▶ _Extracted entries_

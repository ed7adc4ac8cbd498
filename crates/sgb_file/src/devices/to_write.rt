//! std's writers as sinks. The first fault of any kind is final, and so is a write that takes nothing.
ghost use Rattle.std.specs.Prelude.{◌≡◌, ◌<◌, [], true, false, IfOk, OnOk, length, is_err};
ghost use Rattle.std.specs.Io.{WritesAtMost};
ghost use Rattle.std.specs.Io.KnownBytes.{WriteAppends, Keeps};
ghost use Rattle.sgb_file.specs.Devices.{nothing_held};

use super::single_calls::{keep_fault, write_once};
use super::{Failed, Sink};
use std::io::Write;
use std::marker::Model;

/// A writer as a sink. It tells its bytes where the writer does.
#[derive(Drop)]
pub struct ToWrite<W> {
    writer: W,
    failed: bool,
}

impl<W> Model for ToWrite<W> {
    ghost use Rattle.sgb_file.specs.Devices.{Adapted};
    ghost use Rattle.sgb_file.specs.inner.Devices.{adapted_code};

    ghost Value = { Adapted W };

    ghost coded = { adapted_code W.code };

    ghost view = { λ sink. record { inner = sink.writer; failed = sink.failed } };
}

impl<W> ToWrite<W> {
    /// A sink that writes to `writer`.
    pub fn new(writer: W) -> ToWrite<W>
        ensures inner { result.inner ≡ writer }
        ensures sound { result.failed ≡ false }
    {
        ToWrite {
            writer,
            failed: false,
        }
    }
}

impl<W: Write> Sink for ToWrite<W> {
    ghost written = { λ sink. W.contents sink.inner };

    ghost held = { λ _. nothing_held };

    ghost has_failed = { λ sink. sink.failed };

    /// Writes once. `Failed` where the sink had failed, and then the writer is left alone, or where the write
    /// fails, also by an interrupt, or takes none of bytes that are not empty.
    fn put(&mut self, bytes: &[u8]) -> Result<usize, Failed>
        ensures bound { WritesAtMost result bytes.now }
        ensures progress { IfOk result (λ count. 0 < length bytes.now → 0 < count) }
        ensures took { WriteAppends (W.contents self.old.inner) (W.contents self.new.inner) result
            bytes.now }
        ensures failed { self.new.failed ≡ is_err result }
        ensures stays_failed { self.old.failed ≡ true → self.new.failed ≡ true }
        ensures left_alone { self.old.failed ≡ true → self.new ≡ self.old }
    {
        write_once(&mut self.writer, &mut self.failed, bytes)
    }

    /// Flushes the writer. `Failed` where the sink had failed, and then the writer is left alone, or where the
    /// flush fails.
    fn flush(&mut self) -> Result<(), Failed>
        ensures kept { Keeps (W.contents self.old.inner) (W.contents self.new.inner) }
        ensures passed_on { OnOk result (nothing_held ≡ []) }
        ensures failed { self.new.failed ≡ is_err result }
        ensures stays_failed { self.old.failed ≡ true → self.new.failed ≡ true }
        ensures left_alone { self.old.failed ≡ true → self.new ≡ self.old }
    {
        if self.failed {
            return Err(Failed);
        }
        let returned = self.writer.flush();
        keep_fault(&mut self.failed, returned)
    }

    /// Whether a write or a flush failed.
    fn failed(&self) -> bool
        ensures { result ≡ self.now.failed }
    {
        self.failed
    }
}
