//! std's writers as sinks with a buffer before them, which is given up with the first fault.
//!
//! std's `BufWriter` is in it, and no `ToWrite` around one: that the buffer is empty after a flush is a clause of
//! `BufWriter`'s own. Its drop alone would write what it holds once more after a fault.
ghost use Rattle.std.specs.Prelude.{◌≡◌, ◌<◌, [], true, false, length, is_err, IfOk, IfErr, OnOk};
ghost use Rattle.std.specs.Io.{WritesAtMost};
ghost use Rattle.std.specs.Io.Buffered.{writer_buffer, writer_contents, writer_inner};
ghost use Rattle.std.specs.Io.KnownBytes.{WriteAppends, Keeps};
ghost use Rattle.std.specs.IoError.{error_kind};

use super::single_calls::{keep_fault, write_once};
use super::{Failed, Sink};
use std::alloc::Global;
use std::io::{self, BufWriter, ErrorKind, Write};

/// A writer as a sink, with a buffer before it. After its first fault nothing more is written: what the buffer holds
/// then is dropped with it. It tells its bytes where the writer does.
pub struct Buffered<W: Write + Drop> {
    writer: BufWriter<W>,
    failed: bool,
}

impl<W: Write + Drop> Buffered<W> {
    /// A sink that writes to `writer`. An error of the kind `OutOfMemory` when out of memory.
    pub fn new(alloc: Global, writer: W) -> io::Result<Buffered<W>>
        ensures inner { IfOk result (λ s. writer_inner s.writer ≡ writer) }
        ensures empty { IfOk result (λ s. writer_buffer s.writer ≡ []) }
        ensures sound { IfOk result (λ s. s.failed ≡ false) }
        ensures memory { IfErr result (λ e. error_kind e ≡ ErrorKind.OutOfMemory) }
    {
        let writer = BufWriter::new(alloc, writer)?;
        Ok(Buffered {
            writer,
            failed: false,
        })
    }
}

impl<W: Write + Drop> Sink for Buffered<W> {
    ghost written = { λ s. writer_contents W.contents s.writer };

    ghost held = { λ s. writer_buffer s.writer };

    ghost has_failed = { λ s. s.failed };

    /// Puts bytes into the buffer, and writes what it holds where they do not fit. `Failed` where the sink had failed,
    /// and then buffer and writer are left alone, or where a write fails.
    fn put(&mut self, bytes: &[u8]) -> Result<usize, Failed>
        ensures bound { WritesAtMost result bytes.now }
        ensures progress { IfOk result (λ count. 0 < length bytes.now → 0 < count) }
        ensures took { WriteAppends (writer_contents W.contents self.old.writer)
            (writer_contents W.contents self.new.writer) result bytes.now }
        ensures failed { self.new.failed ≡ is_err result }
        ensures stays_failed { self.old.failed ≡ true → self.new.failed ≡ true }
        ensures left_alone { self.old.failed ≡ true → self.new ≡ self.old }
    {
        write_once(&mut self.writer, &mut self.failed, bytes)
    }

    /// Writes what the buffer holds and flushes the writer. `Failed` where the sink had failed, and then buffer and
    /// writer are left alone, or where one of the two fails.
    fn flush(&mut self) -> Result<(), Failed>
        ensures kept { Keeps (writer_contents W.contents self.old.writer)
            (writer_contents W.contents self.new.writer) }
        ensures passed_on { OnOk result (writer_buffer self.new.writer ≡ []) }
        ensures failed { self.new.failed ≡ is_err result }
        ensures stays_failed { self.old.failed ≡ true → self.new.failed ≡ true }
        ensures left_alone { self.old.failed ≡ true → self.new ≡ self.old }
    {
        if self.failed {
            return Err(Failed);
        }
        let returned = self.writer.flush();
        keep_fault(&mut self.failed, returned)
    }

    /// Whether a write or a flush failed.
    fn failed(&self) -> bool
        ensures { result ≡ self.now.failed }
    {
        self.failed
    }
}

impl<W: Write + Drop> Drop for Buffered<W> {
    fn drop(self) {
        let Buffered { writer, failed } = self;
        if failed {
            let (_writer, _held) = writer.into_parts();
        } else {
            drop(writer);
        }
    }
}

▶ _Prompt_
Among the entries, copy every line containing the word "holds".

▶ _Task response_
//! `BufWriter`'s own. Its drop alone would write what it holds once more after a fault.
/// A writer as a sink, with a buffer before it. After its first fault nothing more is written: what the buffer holds
    /// Puts bytes into the buffer, and writes what it holds where they do not fit. `Failed` where the sink had failed,
    /// Writes what the buffer holds and flushes the writer. `Failed` where the sink had failed, and then buffer and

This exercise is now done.